*Task objective*
Reproduce only what lies between the first line of the material below and the line containing "0 if there is", with both of those lines included and every line kept exact.

*Input data*
//! The figures of the sources of each server of a load.

ghost use Rattle.std.specs.Prelude.{◌≡◌, ℕ, ◌*◌, ◌≤◌, ◌<◌, length, IfOk, MatchResult};
ghost use Rattle.cbs_rate.specs.Limits.{longest_period};
ghost use Rattle.cbs_guarantee.specs.Sources.{ticks_of, IsPromised, IsReason};
ghost use Rattle.cbsrun_proposals.specs.Proposals.{IsProposal};
ghost use Rattle.cbsrun_sizing.specs.ServerLoads.{every_tick, held, at_most, sources_of, is_single_of, repeated_of, once_of, most_charged, all_charges, most_passed, lesser, least_within, wanted_by, wanted_in, wanted_of, is_wanted, kept_within, wants, proposed, AreShort, IsRoomFor, IsServerLoad, AreServerLoads};

use crate::asked::{Asked, asked_by};
use crate::budgets::greatest_budget_at;
use cbs_guarantee::{NotPromised, Source, guaranteed};
use cbs_rate::{Plan, Reservation};
use cbsrun_loads::{Load, Sketch};
use cbsrun_proposals::{Proposal, Remedy, Wanted, propose, remedy_for};
use cbsrun_simulate::SourceTerms;
use std::alloc::{AllocError, Global};

/// The figures of the sources of a server.
#[derive(Clone, Copy, PartialEq, Eq)]
pub struct ServerLoad {
    /// The greatest demand of the sources that give more than one job, all together, if it can be summed exactly.
    pub asked: Option<Asked>,
    /// The most ticks of the jobs of the other sources, each of which gives one job: they are asked for once. At most
    /// 2^64 - 1.
    pub once: u64,
    /// Within how many ticks of its release each of their jobs is finished, whatever the other servers are asked for,
    /// or why that is not promised. A charge of another server may pass a release, so that its job is submitted later:
    /// these ticks count, too.
    pub promised: Result<u64, NotPromised>,
    /// What would do, if the jobs are not promised within the ticks that each source wants.
    pub remedy: Option<Remedy>,
    /// The period of the server, if a source of it wants its jobs finished within that period, and the remedy's
    /// reservation has another. A source that says no `within` follows the period of its server, so it has to say this
    /// number with that reservation.
    pub kept: Option<u64>,
    /// The greatest budget that fits at the period of the remedy's reservation, beside all other servers, or 0 if there is
    /// no such reservation.
    pub room: u64,
}

/// Returns the number, or 2^32 - 1 if the number is greater.
fn held(number: u64) -> u32
    ensures { result ≡ held number }
{
    number.min(u64::from(u32::MAX)) as u32
}

/// Returns a source at its greatest demand, in the form that its guarantee needs.
fn at_most(terms: &SourceTerms) -> Source
    ensures { result ≡ at_most terms.now }
{
    Source {
        units: held(terms.units.greatest()),
        every: terms.distance(),
        overrun: held(terms.overrun.greatest()),
    }
}

/// Returns the sources of a server, each at its greatest demand. The only error is out of memory.
fn sources_of(
    alloc: Global,
    sources: &[SourceTerms],
    server: u16,
) -> Result<Vec<Source>, AllocError>
    ensures value { IfOk result (λ own. own.items ≡ sources_of server sources.now) }
    ensures few { IfOk result (λ own. length own.items ≤ length sources.now) }
{
    let mut own = Vec::new(alloc);
    for terms in sources {
        if terms.server == server {
            own.push(at_most(terms))?;
        }
    }
    Ok(own)
}

/// Returns whether a source gives one job alone, to this server.
fn is_single_of(terms: &SourceTerms, server: u16) -> bool
    ensures { result ≡ is_single_of server terms.now }
{
    terms.server == server && terms.is_single()
}

/// Returns the sources of a server that give more than one job, each at its greatest demand. The only error is out of
/// memory.
fn repeated_of(
    alloc: Global,
    sources: &[SourceTerms],
    server: u16,
) -> Result<Vec<Source>, AllocError>
    ensures value { IfOk result (λ own. own.items ≡ repeated_of server sources.now) }
    ensures few { IfOk result (λ own. length own.items ≤ length sources.now) }
{
    let mut repeated = Vec::new(alloc);
    for terms in sources {
        if terms.server == server && !terms.is_single() {
            repeated.push(at_most(terms))?;
        }
    }
    Ok(repeated)
}

/// Returns the most ticks of a job of a source.
fn job_ticks(terms: &SourceTerms) -> u64
    ensures { result ≡ ticks_of (at_most terms.now) }
{
    let source = at_most(terms);
    u64::from(source.units) * (1 + u64::from(source.overrun))
}

/// Returns the most ticks of the jobs of a server whose sources give one job each, or 2^64 - 1 if these are more.
fn once_of(sources: &[SourceTerms], server: u16) -> u64
    ensures { result ≡ once_of server sources.now }
{
    let mut ticks: u64 = 0;
    for terms in sources {
        if is_single_of(terms, server) {
            ticks = ticks.saturating_add(job_ticks(terms));
        }
    }
    ticks
}

/// Returns the most ticks that a server is charged for one unit: the greatest overrun of its sources.
pub(crate) fn most_charged(sources: &[SourceTerms], server: u16) -> u64
    requires { AreShort sources.now }
    ensures value { result ≡ most_charged sources.now server }
    ensures short { result ≤ longest_period }
{
    let mut most = 0;
    for terms in sources {
        if terms.server == server {
            most = most.max(terms.overrun.greatest());
        }
    }
    most
}

/// Returns the sum of the most ticks that each server is charged for one unit.
pub(crate) fn all_charges(sources: &[SourceTerms], servers: u16) -> u64
    requires { AreShort sources.now }
    ensures value { result ≡ all_charges sources.now servers }
    ensures short { result ≤ servers * longest_period }
{
    let mut charges = 0;
    for server in 0..servers {
        charges += most_charged(sources, server);
    }
    charges
}

/// Returns the most ticks by which a charge of another server may pass a release for this one: the greatest overrun of
/// the other servers' sources.
fn most_passed(sources: &[SourceTerms], server: u16) -> u64
    requires { AreShort sources.now }
    ensures value { result ≡ most_passed sources.now server }
    ensures short { result ≤ longest_period }
{
    let mut passed = 0;
    for terms in sources {
        if terms.server != server {
            passed = passed.max(terms.overrun.greatest());
        }
    }
    passed
}

/// Returns the least number of ticks within which a source of the server wants its jobs finished, or `None` if it has no
/// source.
pub fn least_within(sources: &[SourceTerms], server: u16) -> Option<u64>
    ensures { result ≡ least_within sources.now server }
{
    let mut least = None;
    for terms in sources {
        if terms.server == server {
            least = lesser(least, terms.within);
        }
    }
    least
}

/// Returns the lesser of two numbers, if there are two.
fn lesser(one: Option<u64>, other: Option<u64>) -> Option<u64>
    ensures { result ≡ lesser one other }
{
    match (one, other) {
        (Some(one), Some(other)) => Some(one.min(other)),
        (Some(one), None) => Some(one),
        (None, other) => other,
    }
}

/// Returns what the jobs of one of the servers have to live with, with this backlog. `charges` is the sum of the most
/// ticks that each of the servers is charged for one unit.
fn wanted_by(sources: &[SourceTerms], charges: u64, backlog: u64, server: u16) -> Wanted
    requires lawful { AreShort sources.now }
    requires short { charges ≤ 65535 * longest_period }
    ensures { (servers : ℕ) → charges ≡ all_charges sources.now servers
        → result ≡ wanted_by sources.now servers backlog server }
{
    let charged = charges.saturating_sub(most_charged(sources, server));
    Wanted {
        delay: charged + most_passed(sources, server),
        backlog,
        within: least_within(sources, server),
    }
}

/// Returns what the jobs of a server of a load have to live with. `charges` is the sum of the most ticks that each server
/// is charged for one unit.
fn wanted_of(load: &Load, server: u16, charges: u64) -> Wanted
    requires charges { charges ≡ all_charges load.now.sources (length load.now.plan.rates) }
    requires short { charges ≤ 65535 * longest_period }
    ensures { result ≡ wanted_of load.now server }
{
    wanted_by(load.sources(), charges, load.backlog(), server)
}

/// Returns how many servers a sketch has.
fn servers_in(sketch: &Sketch) -> u16
    ensures { result ≡ length sketch.now.names }
{
    sketch.names().len() as u16
}

/// Returns what the jobs of a server of a sketch have to live with.
fn wanted_in(sketch: &Sketch, server: u16) -> Wanted
    ensures { result ≡ wanted_in sketch.now server }
{
    let sources = sketch.sources();
    let charges = all_charges(sources, servers_in(sketch));
    wanted_by(sources, charges, sketch.backlog(), server)
}

/// Returns the reservation of least share, among those that are looked at, with which the jobs of a server of a sketch are
/// promised in time, or `None` if there is none: see [`propose`]. The only error is out of memory.
pub fn proposal_for(
    alloc: Global,
    sketch: &Sketch,
    server: u16,
) -> Result<Option<Reservation>, AllocError>
    ensures { IfOk result (IsProposal (sources_of server sketch.now.sources)
        (wanted_in sketch.now server)) }
{
    let own = sources_of(alloc, sketch.sources(), server)?;
    Ok(propose(&own, wanted_in(sketch, server)))
}

/// Returns the proposal of a remedy, if there is one.
fn proposed(remedy: Option<Remedy>) -> Option<Proposal>
    ensures { result ≡ proposed remedy }
{
    match remedy {
        Some(remedy) => remedy.reservation,
        None => None,
    }
}

/// Returns whether so many ticks are wanted.
fn is_wanted(ticks: u64, within: Option<u64>) -> bool
    ensures { result ≡ is_wanted ticks within }
{
    match within {
        Some(within) => within == ticks,
        None => false,
    }
}

/// Returns whether a source of the server wants its jobs finished within so many ticks.
fn wants(sources: &[SourceTerms], server: u16, ticks: u64) -> bool
    ensures { result ≡ wants sources.now server ticks }
{
    sources.iter().any(|terms| terms.server == server && is_wanted(ticks, terms.within))
}

/// Returns the period of a server, if a source of it wants its jobs finished within that period, and a proposal has another.
fn kept_within(
    sources: &[SourceTerms],
    server: u16,
    period: u64,
    proposal: Option<Proposal>,
) -> Option<u64>
    ensures { result ≡ kept_within sources.now server period proposal }
{
    match proposal {
        Some(proposal) if proposal.period != period && wants(sources, server, period) => {
            Some(period)
        }
        _ => None,
    }
}

/// Returns the greatest budget that fits at the period of a proposal, beside all other servers of a plan, or 0 if there
/// is no proposal.
fn room_for(plan: &Plan, server: u16, proposal: Option<Proposal>) -> u64
    ensures { IsRoomFor plan.now server proposal result }
{
    match proposal {
        Some(proposal) => greatest_budget_at(plan, server, proposal.period),
        None => 0,
    }
}

/// Returns within how many ticks of its release each job of a server of a sketch is finished, if the server has each tick
/// of the time, or why that is not promised. The only error is out of memory.
pub fn promised_at_best(
    alloc: Global,
    sketch: &Sketch,
    server: u16,
) -> Result<Result<u64, NotPromised>, AllocError>
    ensures { IfOk result (λ promised. let own = sources_of server sketch.now.sources in
        let w = wanted_in sketch.now server in
        MatchResult promised (IsPromised every_tick own w.delay w.backlog)
        (IsReason every_tick own w.delay w.backlog)) }
{
    let own = sources_of(alloc, sketch.sources(), server)?;
    let wanted = wanted_in(sketch, server);
    let every_tick = Reservation::new(1, 1).unwrap();
    Ok(guaranteed(every_tick, &own, wanted.delay, wanted.backlog))
}

/// Returns the figures of a server of a load. `charges` is the sum of the most ticks that each server is charged for
/// one unit. The only error is out of memory.
fn server_load(
    alloc: Global,
    load: &Load,
    server: u16,
    charges: u64,
) -> Result<ServerLoad, AllocError>
    requires server { server < length load.now.plan.rates }
    requires charges { charges ≡ all_charges load.now.sources (length load.now.plan.rates) }
    requires short { charges ≤ 65535 * longest_period }
    ensures { IfOk result (IsServerLoad load.now server) }
{
    let reservation: Reservation = load.plan().get(server).unwrap();
    let own = sources_of(alloc, load.sources(), server)?;
    let repeated = repeated_of(alloc, load.sources(), server)?;
    let wanted = wanted_of(load, server, charges);
    let remedy = remedy_for(reservation, &own, wanted);
    Ok(ServerLoad {
        asked: asked_by(&repeated),
        once: once_of(load.sources(), server),
        promised: guaranteed(reservation, &own, wanted.delay, wanted.backlog),
        remedy,
        kept: kept_within(
            load.sources(),
            server,
            reservation.period(),
            proposed(remedy),
        ),
        room: room_for(load.plan(), server, proposed(remedy)),
    })
}

/// Returns the figures of each server of a load, by the server's number. The only error is out of memory.
pub fn server_loads(alloc: Global, load: &Load) -> Result<Vec<ServerLoad>, AllocError>
    ensures { IfOk result (λ loads. AreServerLoads load.now (length load.now.plan.rates)
        loads.items) }
{
    let servers = load.plan().len() as u16;
    let charges = all_charges(load.sources(), servers);
    let mut loads = Vec::with_capacity(alloc, usize::from(servers))?;
    for server in 0..servers {
        loads.push(server_load(alloc, load, server, charges)?)?;
    }
    Ok(loads)
}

*Response box*
//! The figures of the sources of each server of a load.

ghost use Rattle.std.specs.Prelude.{◌≡◌, ℕ, ◌*◌, ◌≤◌, ◌<◌, length, IfOk, MatchResult};
ghost use Rattle.cbs_rate.specs.Limits.{longest_period};
ghost use Rattle.cbs_guarantee.specs.Sources.{ticks_of, IsPromised, IsReason};
ghost use Rattle.cbsrun_proposals.specs.Proposals.{IsProposal};
ghost use Rattle.cbsrun_sizing.specs.ServerLoads.{every_tick, held, at_most, sources_of, is_single_of, repeated_of, once_of, most_charged, all_charges, most_passed, lesser, least_within, wanted_by, wanted_in, wanted_of, is_wanted, kept_within, wants, proposed, AreShort, IsRoomFor, IsServerLoad, AreServerLoads};

use crate::asked::{Asked, asked_by};
use crate::budgets::greatest_budget_at;
use cbs_guarantee::{NotPromised, Source, guaranteed};
use cbs_rate::{Plan, Reservation};
use cbsrun_loads::{Load, Sketch};
use cbsrun_proposals::{Proposal, Remedy, Wanted, propose, remedy_for};
use cbsrun_simulate::SourceTerms;
use std::alloc::{AllocError, Global};

/// The figures of the sources of a server.
#[derive(Clone, Copy, PartialEq, Eq)]
pub struct ServerLoad {
    /// The greatest demand of the sources that give more than one job, all together, if it can be summed exactly.
    pub asked: Option<Asked>,
    /// The most ticks of the jobs of the other sources, each of which gives one job: they are asked for once. At most
    /// 2^64 - 1.
    pub once: u64,
    /// Within how many ticks of its release each of their jobs is finished, whatever the other servers are asked for,
    /// or why that is not promised. A charge of another server may pass a release, so that its job is submitted later:
    /// these ticks count, too.
    pub promised: Result<u64, NotPromised>,
    /// What would do, if the jobs are not promised within the ticks that each source wants.
    pub remedy: Option<Remedy>,
    /// The period of the server, if a source of it wants its jobs finished within that period, and the remedy's
    /// reservation has another. A source that says no `within` follows the period of its server, so it has to say this
    /// number with that reservation.
    pub kept: Option<u64>,
    /// The greatest budget that fits at the period of the remedy's reservation, beside all other servers, or 0 if there is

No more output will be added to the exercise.